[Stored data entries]
++++

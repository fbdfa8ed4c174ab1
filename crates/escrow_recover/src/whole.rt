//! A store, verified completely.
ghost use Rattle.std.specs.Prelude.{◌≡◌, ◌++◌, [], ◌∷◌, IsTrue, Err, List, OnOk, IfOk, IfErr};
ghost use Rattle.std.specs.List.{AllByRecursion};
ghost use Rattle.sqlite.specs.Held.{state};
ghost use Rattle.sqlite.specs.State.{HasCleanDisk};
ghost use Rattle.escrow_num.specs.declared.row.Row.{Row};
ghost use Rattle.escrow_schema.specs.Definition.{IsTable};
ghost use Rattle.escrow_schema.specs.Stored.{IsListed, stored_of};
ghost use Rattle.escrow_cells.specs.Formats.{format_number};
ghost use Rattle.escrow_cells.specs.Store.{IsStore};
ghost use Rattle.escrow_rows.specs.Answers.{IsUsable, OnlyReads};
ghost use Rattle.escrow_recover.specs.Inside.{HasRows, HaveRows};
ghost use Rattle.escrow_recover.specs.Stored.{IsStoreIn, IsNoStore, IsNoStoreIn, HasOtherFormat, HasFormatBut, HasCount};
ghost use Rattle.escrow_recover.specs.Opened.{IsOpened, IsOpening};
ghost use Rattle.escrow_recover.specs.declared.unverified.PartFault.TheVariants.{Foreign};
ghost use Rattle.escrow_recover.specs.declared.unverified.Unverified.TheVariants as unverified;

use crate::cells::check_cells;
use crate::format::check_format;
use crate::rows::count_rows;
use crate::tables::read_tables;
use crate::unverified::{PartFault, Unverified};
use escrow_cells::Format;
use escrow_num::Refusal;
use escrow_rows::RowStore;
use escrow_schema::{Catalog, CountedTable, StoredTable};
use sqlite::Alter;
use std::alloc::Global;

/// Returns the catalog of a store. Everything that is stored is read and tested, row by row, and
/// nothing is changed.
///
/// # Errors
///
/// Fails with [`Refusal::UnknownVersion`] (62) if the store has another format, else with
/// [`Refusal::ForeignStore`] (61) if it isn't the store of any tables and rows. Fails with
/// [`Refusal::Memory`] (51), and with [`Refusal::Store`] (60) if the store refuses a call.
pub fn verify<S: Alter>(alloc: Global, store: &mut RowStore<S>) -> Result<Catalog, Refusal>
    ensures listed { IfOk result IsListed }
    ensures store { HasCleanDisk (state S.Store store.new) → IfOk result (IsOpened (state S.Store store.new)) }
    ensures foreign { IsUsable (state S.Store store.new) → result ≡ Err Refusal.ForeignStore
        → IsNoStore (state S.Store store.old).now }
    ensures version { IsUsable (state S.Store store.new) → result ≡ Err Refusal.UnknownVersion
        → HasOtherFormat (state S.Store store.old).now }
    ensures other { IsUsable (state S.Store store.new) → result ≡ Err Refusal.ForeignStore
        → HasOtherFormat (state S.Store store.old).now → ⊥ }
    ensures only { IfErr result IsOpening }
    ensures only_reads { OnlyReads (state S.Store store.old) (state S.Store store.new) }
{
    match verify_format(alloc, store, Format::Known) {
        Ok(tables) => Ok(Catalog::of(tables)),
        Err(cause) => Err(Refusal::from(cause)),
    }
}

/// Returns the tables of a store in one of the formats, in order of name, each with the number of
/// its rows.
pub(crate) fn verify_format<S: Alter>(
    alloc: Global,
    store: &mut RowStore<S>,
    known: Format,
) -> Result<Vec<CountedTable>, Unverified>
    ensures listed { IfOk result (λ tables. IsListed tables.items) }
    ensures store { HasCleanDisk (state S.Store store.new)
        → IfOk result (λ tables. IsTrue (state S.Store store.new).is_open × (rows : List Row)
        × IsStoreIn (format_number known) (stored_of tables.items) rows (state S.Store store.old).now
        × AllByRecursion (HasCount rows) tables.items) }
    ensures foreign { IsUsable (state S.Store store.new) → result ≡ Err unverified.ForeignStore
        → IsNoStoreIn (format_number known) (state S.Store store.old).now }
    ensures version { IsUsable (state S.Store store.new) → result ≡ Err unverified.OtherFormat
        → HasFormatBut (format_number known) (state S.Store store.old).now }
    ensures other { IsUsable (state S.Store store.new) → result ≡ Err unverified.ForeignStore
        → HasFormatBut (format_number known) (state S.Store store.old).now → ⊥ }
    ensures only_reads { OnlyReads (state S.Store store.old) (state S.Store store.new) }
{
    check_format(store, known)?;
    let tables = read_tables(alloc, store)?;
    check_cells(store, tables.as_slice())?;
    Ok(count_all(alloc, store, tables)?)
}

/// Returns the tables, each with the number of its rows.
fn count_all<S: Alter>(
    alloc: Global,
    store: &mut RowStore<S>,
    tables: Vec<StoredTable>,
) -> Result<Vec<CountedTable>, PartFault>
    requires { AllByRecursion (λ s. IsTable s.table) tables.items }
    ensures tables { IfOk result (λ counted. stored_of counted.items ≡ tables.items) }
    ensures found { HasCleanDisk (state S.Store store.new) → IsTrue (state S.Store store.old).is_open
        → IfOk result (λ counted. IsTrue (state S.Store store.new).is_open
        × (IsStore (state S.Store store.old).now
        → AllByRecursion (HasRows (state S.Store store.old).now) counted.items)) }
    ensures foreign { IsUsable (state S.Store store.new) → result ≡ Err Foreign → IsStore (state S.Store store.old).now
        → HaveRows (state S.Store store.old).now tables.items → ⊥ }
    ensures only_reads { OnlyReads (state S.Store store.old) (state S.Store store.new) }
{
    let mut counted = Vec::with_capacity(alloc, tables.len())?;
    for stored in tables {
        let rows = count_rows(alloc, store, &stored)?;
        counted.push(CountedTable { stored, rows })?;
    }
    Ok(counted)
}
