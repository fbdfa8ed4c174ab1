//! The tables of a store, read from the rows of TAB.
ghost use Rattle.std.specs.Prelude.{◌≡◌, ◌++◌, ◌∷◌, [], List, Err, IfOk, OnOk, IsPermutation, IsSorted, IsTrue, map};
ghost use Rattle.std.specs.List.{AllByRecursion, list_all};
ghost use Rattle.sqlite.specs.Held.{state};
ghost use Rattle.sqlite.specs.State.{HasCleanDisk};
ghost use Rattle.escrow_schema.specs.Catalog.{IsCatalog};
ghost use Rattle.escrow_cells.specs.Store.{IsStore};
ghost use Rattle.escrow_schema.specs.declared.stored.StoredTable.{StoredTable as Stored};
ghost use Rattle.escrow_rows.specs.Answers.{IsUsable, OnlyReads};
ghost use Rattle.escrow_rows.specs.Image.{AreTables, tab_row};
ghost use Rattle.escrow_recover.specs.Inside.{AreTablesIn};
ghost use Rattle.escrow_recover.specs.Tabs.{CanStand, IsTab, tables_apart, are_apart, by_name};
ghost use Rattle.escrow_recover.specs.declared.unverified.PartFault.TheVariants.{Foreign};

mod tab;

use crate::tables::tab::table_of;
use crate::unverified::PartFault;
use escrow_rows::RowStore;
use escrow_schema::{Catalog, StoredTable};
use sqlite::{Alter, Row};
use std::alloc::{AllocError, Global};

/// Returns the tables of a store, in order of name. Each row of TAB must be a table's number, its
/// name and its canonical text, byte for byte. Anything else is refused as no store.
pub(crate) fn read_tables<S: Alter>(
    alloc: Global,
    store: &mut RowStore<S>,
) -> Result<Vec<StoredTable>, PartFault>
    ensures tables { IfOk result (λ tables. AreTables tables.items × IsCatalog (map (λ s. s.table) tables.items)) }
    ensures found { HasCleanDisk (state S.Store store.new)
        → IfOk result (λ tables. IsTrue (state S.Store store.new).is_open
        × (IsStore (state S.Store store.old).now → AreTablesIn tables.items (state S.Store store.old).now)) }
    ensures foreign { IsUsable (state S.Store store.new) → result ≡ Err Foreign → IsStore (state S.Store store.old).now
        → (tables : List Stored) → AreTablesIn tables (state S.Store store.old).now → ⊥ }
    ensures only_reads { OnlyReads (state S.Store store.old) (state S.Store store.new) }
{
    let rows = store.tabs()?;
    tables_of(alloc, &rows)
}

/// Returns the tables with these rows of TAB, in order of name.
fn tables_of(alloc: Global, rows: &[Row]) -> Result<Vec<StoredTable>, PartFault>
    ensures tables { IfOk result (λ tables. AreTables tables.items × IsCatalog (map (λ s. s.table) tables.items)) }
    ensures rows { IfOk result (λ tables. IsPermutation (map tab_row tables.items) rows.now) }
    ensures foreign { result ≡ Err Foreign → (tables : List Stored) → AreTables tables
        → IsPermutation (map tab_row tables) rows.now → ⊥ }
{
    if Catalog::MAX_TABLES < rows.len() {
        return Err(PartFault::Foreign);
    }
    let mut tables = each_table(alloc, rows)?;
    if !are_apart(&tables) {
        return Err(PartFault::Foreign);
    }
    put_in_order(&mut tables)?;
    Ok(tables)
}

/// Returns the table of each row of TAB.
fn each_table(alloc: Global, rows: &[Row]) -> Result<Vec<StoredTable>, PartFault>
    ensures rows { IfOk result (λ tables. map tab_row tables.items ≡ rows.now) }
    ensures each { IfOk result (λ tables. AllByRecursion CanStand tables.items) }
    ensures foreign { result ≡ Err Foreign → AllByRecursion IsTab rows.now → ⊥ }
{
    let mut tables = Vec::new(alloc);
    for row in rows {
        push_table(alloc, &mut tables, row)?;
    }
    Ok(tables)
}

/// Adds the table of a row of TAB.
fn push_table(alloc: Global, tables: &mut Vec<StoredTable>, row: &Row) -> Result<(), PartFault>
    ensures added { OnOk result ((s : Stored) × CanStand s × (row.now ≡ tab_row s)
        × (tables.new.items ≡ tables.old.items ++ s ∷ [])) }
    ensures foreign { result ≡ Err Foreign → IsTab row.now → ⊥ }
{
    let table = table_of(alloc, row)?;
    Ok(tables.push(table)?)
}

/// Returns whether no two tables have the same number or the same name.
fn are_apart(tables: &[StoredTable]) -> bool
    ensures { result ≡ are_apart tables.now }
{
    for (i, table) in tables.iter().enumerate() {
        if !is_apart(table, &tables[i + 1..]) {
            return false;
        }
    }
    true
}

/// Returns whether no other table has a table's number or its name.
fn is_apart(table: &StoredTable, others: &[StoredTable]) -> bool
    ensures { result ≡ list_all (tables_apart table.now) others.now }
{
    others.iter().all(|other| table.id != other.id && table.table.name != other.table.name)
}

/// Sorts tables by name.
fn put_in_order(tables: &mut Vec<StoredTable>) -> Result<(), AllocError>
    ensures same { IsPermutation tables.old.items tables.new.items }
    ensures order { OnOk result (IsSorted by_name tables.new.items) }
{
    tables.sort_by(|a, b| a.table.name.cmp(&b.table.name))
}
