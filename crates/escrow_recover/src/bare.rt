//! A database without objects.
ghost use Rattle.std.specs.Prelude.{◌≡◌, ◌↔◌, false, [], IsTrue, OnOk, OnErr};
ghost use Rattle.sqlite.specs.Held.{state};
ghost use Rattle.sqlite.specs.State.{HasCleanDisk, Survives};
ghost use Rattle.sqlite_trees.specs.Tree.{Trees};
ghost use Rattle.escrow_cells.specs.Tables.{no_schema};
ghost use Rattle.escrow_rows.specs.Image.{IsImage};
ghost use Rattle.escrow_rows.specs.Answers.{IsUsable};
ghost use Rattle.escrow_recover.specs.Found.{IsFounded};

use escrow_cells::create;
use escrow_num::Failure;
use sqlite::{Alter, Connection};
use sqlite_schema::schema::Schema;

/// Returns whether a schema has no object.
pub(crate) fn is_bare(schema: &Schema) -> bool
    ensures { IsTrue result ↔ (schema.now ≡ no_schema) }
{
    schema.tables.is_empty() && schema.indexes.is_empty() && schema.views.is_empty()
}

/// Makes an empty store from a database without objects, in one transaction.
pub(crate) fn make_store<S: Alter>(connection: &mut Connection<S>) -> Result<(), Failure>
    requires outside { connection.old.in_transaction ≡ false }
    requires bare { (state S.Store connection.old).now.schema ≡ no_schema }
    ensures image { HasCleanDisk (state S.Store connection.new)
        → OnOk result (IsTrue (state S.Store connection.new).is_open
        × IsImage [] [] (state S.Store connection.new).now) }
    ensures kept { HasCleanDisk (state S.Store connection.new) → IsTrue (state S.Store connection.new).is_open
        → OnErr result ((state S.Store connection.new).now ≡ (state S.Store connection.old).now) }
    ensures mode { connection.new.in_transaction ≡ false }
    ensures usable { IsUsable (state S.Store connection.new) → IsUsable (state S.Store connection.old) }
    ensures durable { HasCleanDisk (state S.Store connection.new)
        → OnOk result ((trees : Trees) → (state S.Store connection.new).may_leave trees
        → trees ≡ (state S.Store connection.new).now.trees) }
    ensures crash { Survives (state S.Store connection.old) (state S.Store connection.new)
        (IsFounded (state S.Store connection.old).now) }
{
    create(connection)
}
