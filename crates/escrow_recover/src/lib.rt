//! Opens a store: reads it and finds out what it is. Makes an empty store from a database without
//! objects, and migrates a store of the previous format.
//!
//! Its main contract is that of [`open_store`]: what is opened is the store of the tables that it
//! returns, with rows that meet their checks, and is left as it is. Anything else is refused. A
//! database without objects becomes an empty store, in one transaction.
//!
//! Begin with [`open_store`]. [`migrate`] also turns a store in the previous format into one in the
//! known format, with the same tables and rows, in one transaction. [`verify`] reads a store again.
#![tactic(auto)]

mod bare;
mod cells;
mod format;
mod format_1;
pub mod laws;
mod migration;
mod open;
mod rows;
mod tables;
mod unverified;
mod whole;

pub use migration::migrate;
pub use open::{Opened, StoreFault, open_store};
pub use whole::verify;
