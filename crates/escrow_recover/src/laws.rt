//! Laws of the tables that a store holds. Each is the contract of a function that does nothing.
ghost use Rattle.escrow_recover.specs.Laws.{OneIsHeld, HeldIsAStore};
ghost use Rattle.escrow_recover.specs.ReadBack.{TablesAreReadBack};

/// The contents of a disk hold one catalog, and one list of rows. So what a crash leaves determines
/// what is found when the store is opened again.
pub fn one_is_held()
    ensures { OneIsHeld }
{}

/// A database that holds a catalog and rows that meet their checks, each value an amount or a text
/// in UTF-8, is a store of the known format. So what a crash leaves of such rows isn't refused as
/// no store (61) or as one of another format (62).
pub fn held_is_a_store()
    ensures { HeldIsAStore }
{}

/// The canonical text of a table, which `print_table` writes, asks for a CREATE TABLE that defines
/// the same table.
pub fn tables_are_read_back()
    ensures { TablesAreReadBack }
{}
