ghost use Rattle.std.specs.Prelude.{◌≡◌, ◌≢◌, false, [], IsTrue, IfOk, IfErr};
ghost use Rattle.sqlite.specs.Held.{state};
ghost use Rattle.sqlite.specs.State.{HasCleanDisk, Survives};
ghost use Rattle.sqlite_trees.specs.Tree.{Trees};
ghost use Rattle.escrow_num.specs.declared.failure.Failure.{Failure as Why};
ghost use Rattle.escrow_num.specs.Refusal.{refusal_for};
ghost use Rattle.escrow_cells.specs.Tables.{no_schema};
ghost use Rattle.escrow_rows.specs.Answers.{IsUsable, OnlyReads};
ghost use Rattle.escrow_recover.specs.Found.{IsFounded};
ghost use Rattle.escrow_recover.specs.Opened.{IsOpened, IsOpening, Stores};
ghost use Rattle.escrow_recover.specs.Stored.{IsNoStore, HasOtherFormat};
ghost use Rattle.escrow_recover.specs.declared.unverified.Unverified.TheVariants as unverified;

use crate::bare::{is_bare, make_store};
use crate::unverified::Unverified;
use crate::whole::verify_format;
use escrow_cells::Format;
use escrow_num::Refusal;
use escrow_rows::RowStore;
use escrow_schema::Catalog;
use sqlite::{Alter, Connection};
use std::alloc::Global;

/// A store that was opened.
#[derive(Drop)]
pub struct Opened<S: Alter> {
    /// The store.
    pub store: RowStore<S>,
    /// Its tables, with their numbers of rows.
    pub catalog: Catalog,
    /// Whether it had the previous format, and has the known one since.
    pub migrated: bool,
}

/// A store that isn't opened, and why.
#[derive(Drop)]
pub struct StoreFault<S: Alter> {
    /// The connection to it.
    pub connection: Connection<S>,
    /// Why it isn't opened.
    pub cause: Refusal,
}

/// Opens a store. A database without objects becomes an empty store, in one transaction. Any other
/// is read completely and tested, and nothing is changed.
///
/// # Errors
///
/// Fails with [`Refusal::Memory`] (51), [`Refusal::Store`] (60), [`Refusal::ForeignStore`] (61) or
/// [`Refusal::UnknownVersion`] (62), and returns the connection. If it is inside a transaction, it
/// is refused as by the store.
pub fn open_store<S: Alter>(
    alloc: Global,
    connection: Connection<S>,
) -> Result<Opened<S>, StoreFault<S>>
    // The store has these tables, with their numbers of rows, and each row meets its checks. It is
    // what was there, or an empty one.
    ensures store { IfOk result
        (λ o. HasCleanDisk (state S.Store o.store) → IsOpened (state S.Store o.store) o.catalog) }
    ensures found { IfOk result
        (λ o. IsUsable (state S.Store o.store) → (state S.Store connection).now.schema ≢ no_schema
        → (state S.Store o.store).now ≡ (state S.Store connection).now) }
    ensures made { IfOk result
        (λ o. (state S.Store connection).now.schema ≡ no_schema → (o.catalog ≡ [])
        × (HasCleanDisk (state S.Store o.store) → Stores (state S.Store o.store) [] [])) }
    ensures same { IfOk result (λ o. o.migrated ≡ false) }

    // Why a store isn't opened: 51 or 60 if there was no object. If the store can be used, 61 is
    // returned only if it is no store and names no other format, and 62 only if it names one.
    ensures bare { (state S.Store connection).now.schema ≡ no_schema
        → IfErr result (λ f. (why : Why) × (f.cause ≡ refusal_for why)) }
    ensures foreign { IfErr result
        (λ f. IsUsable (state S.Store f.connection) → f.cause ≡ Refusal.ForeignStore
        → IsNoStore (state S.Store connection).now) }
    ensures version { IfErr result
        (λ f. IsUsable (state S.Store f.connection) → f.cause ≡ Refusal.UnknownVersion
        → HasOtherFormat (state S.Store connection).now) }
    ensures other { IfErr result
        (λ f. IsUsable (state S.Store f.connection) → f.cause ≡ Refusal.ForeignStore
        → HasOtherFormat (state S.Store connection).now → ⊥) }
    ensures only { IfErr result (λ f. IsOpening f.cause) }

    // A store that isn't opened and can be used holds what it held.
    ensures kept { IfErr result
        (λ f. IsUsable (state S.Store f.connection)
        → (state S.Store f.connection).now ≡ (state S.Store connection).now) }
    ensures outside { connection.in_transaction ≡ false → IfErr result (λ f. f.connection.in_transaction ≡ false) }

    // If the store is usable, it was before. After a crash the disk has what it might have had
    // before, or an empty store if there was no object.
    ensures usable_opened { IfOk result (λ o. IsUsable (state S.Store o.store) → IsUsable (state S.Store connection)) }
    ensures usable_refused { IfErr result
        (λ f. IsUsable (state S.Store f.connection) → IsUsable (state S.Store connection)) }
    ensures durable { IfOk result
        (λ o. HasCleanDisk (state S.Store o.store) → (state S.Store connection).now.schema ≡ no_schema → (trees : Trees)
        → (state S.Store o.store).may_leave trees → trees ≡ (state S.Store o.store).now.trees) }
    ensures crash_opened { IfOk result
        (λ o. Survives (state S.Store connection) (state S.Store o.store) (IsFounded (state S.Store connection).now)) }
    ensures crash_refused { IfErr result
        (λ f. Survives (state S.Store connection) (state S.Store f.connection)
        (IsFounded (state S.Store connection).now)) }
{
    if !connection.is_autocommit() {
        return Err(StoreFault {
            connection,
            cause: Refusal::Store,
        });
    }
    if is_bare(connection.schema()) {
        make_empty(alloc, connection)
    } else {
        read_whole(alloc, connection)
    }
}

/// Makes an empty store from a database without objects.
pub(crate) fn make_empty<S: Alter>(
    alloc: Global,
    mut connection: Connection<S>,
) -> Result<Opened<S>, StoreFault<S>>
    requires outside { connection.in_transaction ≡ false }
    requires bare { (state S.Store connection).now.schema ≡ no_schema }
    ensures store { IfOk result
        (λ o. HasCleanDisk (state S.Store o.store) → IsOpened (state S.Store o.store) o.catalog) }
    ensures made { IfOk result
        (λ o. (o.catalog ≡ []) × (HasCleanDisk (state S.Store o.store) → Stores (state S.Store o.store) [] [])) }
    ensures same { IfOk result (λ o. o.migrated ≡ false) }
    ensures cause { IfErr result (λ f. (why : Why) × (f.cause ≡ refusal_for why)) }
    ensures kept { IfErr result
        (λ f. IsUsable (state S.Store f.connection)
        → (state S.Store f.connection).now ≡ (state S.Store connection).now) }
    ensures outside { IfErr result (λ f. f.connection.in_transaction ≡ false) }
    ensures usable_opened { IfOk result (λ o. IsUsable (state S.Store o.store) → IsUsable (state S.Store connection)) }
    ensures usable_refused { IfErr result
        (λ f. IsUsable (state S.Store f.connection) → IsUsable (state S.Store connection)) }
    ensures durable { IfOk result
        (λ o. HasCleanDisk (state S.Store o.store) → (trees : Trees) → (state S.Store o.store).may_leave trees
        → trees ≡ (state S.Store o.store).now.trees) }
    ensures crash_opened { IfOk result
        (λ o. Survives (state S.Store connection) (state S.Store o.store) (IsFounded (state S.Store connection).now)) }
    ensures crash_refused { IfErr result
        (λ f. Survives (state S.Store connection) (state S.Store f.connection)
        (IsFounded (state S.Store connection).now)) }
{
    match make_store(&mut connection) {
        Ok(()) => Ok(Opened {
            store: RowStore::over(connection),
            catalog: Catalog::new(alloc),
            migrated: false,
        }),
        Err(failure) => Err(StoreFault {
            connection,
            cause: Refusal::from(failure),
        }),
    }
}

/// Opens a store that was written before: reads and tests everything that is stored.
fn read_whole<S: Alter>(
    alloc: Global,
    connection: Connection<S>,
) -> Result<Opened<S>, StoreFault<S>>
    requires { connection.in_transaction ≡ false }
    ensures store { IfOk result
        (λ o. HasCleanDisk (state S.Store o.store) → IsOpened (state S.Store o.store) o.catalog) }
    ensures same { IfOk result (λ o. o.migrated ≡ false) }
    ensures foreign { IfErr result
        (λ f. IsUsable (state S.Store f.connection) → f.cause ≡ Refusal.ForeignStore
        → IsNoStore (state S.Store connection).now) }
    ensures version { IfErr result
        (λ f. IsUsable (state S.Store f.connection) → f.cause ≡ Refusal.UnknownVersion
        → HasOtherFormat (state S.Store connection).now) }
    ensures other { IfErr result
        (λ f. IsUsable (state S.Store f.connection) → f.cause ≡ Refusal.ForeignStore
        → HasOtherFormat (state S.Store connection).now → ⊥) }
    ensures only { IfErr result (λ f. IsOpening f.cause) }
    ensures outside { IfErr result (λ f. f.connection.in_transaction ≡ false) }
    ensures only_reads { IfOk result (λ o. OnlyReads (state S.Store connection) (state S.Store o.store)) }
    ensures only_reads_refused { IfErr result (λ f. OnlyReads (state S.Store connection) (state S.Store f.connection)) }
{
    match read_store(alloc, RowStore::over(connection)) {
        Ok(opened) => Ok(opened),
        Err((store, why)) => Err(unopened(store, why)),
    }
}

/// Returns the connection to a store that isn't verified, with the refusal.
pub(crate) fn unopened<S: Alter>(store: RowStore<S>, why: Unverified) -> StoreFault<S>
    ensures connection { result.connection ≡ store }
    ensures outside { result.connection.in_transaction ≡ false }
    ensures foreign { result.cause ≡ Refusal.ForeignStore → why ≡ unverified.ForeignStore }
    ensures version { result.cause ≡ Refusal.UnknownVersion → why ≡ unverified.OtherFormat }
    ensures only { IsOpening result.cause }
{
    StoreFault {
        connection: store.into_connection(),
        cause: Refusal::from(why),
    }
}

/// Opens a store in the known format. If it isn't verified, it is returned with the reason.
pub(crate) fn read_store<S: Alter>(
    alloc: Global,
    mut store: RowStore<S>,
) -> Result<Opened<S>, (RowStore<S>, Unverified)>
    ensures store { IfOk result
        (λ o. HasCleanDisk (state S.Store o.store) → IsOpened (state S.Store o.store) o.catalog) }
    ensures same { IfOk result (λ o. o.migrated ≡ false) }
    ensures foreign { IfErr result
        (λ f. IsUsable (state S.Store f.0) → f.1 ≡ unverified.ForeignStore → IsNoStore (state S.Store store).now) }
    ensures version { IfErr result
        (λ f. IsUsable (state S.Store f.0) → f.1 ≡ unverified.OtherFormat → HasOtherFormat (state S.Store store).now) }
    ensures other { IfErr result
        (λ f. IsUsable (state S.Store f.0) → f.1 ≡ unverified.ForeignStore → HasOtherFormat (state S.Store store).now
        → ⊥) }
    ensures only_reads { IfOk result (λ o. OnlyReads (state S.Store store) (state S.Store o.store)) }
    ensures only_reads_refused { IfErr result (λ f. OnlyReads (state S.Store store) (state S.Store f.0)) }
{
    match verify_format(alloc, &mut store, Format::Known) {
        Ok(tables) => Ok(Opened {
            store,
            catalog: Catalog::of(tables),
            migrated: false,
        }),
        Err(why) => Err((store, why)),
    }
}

++++

[Description of the task]
Above are the records. How many of their lines hold "returned"? Answer with the number alone.

[Response for this exercise]
2